L’annonce n’a rien d’anodin : en agrégeant les savoir‑faire d’un grand groupe coté (Thales, 20,6 Mds € de chiffre d’affaires 2024) et d’une ETI agile (Turgis Gaillard, 75 M€), Paris se dote d’une alternative nationale aux systèmes étrangers, souvent verrouillés par les réglementations américaines ITAR. Cette coopération rebat les cartes du marché MALE européen, longtemps dominé par le MQ‑9 Reaper de General Atomics et, plus récemment, par le Bayraktar Akıncı turc.

Bon à savoir : la notion de souveraineté technologique

Dans l’écosystème défense, « souveraineté » désigne la capacité d’un État à développer, maintenir et faire évoluer un équipement stratégique sans dépendre de licences étrangères. Le couplage AAROK / AirMaster S illustre cette ambition : absence de composants soumis à contrôle extra‑territorial, chaîne logicielle hébergée en France, et maîtrise intégrale de la propriété intellectuelle.

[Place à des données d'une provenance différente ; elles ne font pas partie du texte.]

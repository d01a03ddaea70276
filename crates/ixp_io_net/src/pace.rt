//! How long a request may take to come in, and a reply to go out.
use std::time::Instant;

/// How many seconds a request or a reply may take, beside those that its bytes give it.
const SECONDS: u64 = 60;

/// A request that comes in or a reply that goes out. It may take a minute from its first bytes on, and one
/// second more for each so many bytes.
#[derive(Drop)]
pub(crate) struct Pace {
    begun: Option<Instant>,
    bytes: u64,
    bytes_a_second: u64,
}

impl Pace {
    /// Nothing has come in or gone out yet. At 0 bytes a second its bytes give it no time.
    pub(crate) fn new(bytes_a_second: u64) -> Pace {
        Pace {
            begun: None,
            bytes: 0,
            bytes_a_second,
        }
    }

    /// The next request or reply begins.
    pub(crate) fn restart(&mut self) {
        self.begun = None;
        self.bytes = 0;
    }

    /// So many bytes came in or went out by a call that began then.
    pub(crate) fn count(&mut self, then: Instant, bytes: usize) {
        if self.begun.is_none() {
            self.begun = Some(then);
        }
        self.bytes = self.bytes.saturating_add(bytes as u64);
    }

    // How many seconds it may take.
    fn seconds(&self) -> u64 {
        let more = self.bytes.checked_div(self.bytes_a_second).unwrap_or(0);
        more.saturating_add(SECONDS)
    }

    /// Whether it takes longer than it may.
    pub(crate) fn is_over(&self, now: Instant) -> bool {
        match self.begun {
            Some(begun) => now.duration_since(begun).as_secs() >= self.seconds(),
            None => false,
        }
    }
}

Le portrait du drone AAROK : un MALE à ADN tricolore

Dévoilé au Paris Air Show 2023, l’AAROK affiche 22 m d’envergure, une masse maximale au décollage de 5,5 t et jusqu’à 30 h d’endurance. Sa soute de 1,5 t autorise la combinaison d’armements air‑sol (AASM 250, Akeron MP) et de capteurs haute résolution. La conception repose sur trois principes clés : autonomie logistique (décollage sur piste sommaire de 400 m), modularité capteurs et coût cible réduit (à partir de 7 M€ pièce).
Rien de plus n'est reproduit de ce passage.